» **Work instruction**: From the records, pick out and copy each line containing "crates".

Stored items
>>>>
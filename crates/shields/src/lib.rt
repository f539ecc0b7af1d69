// What the card check is for: two or more flips within one card of a card-proof code are flagged. No functions: laws in proofs/.
#![tactic(auto)]
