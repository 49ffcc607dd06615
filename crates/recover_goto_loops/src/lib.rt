// `recover_goto_loops` over columns: label and goto loops made while or for loops. The lines are planned in a local array of words, then
// written once. Questions 1, 2, 3, 4 and 6 in order; no working space is lent.
//
// The contract is one equation: the answer and every lent word are what `pass_call goto_loops` of Rattle.definitions.specs.Calls gives.

#![tactic(auto)]

ghost use Rattle.std.specs.Prelude.{◌≡◌};
ghost use Rattle.definitions.specs.RecoverGotoLoops.{recover_goto_loops};
ghost use Rattle.definitions.specs.Answers.{goto_loops};
ghost use Rattle.definitions.specs.Calls.{pass_call};
ghost use Rattle.write.specs.Holds.{columns};
ghost use Rattle.pass_call.specs.Answers.{passed_with};
ghost use Rattle.loop_theory.proofs.Room.{recover_goto_loops_room};

use goto_turns::turns::plan_goto_loops;
use model::listing::Listing;
use pass_call::Pass;
use plan::Overflow;
use questions::{Limits, Refusal};
use write::Writer;

struct GotoLoops;

impl Pass for GotoLoops {
    ghost made = { recover_goto_loops };

    #[tactic(auto, using(crate::proofs::Calling::sound_words))]
    fn plan(code: &Listing, plan: &mut [usize]) -> Result<usize, Overflow> {
        plan_goto_loops(code, plan)
    }

    ghost fits = { λ L M e. let f = recover_goto_loops_room L M e in (f.lines, f.tokens, f.text) };
}

// Label and goto loops made while or for loops.
pub fn recover_goto_loops(
    code: &Listing,
    addresses: &[u64],
    rows: &mut [u32],
    places: &mut [u64],
    words: &mut [u32],
    bytes: &mut [u8],
) -> Result<Limits, Refusal>
    ensures { let c = columns code.now.lines.now addresses.now code.now.tokens.now code.now.text.now in
        passed_with result (columns rows.new places.new words.new bytes.new)
        ≡ pass_call goto_loops c (columns rows.old places.old words.old bytes.old) }
{
    let mut out = Writer {
        lines: rows,
        addresses: places,
        tokens: words,
        text: bytes,
        written: write::start(),
    };
    pass_call::call::<GotoLoops>(&mut out, code, addresses)
}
<<<<
» **Task result**:
filename crates/shields/src/lib.rt
filename crates/recover_goto_loops/src/lib.rt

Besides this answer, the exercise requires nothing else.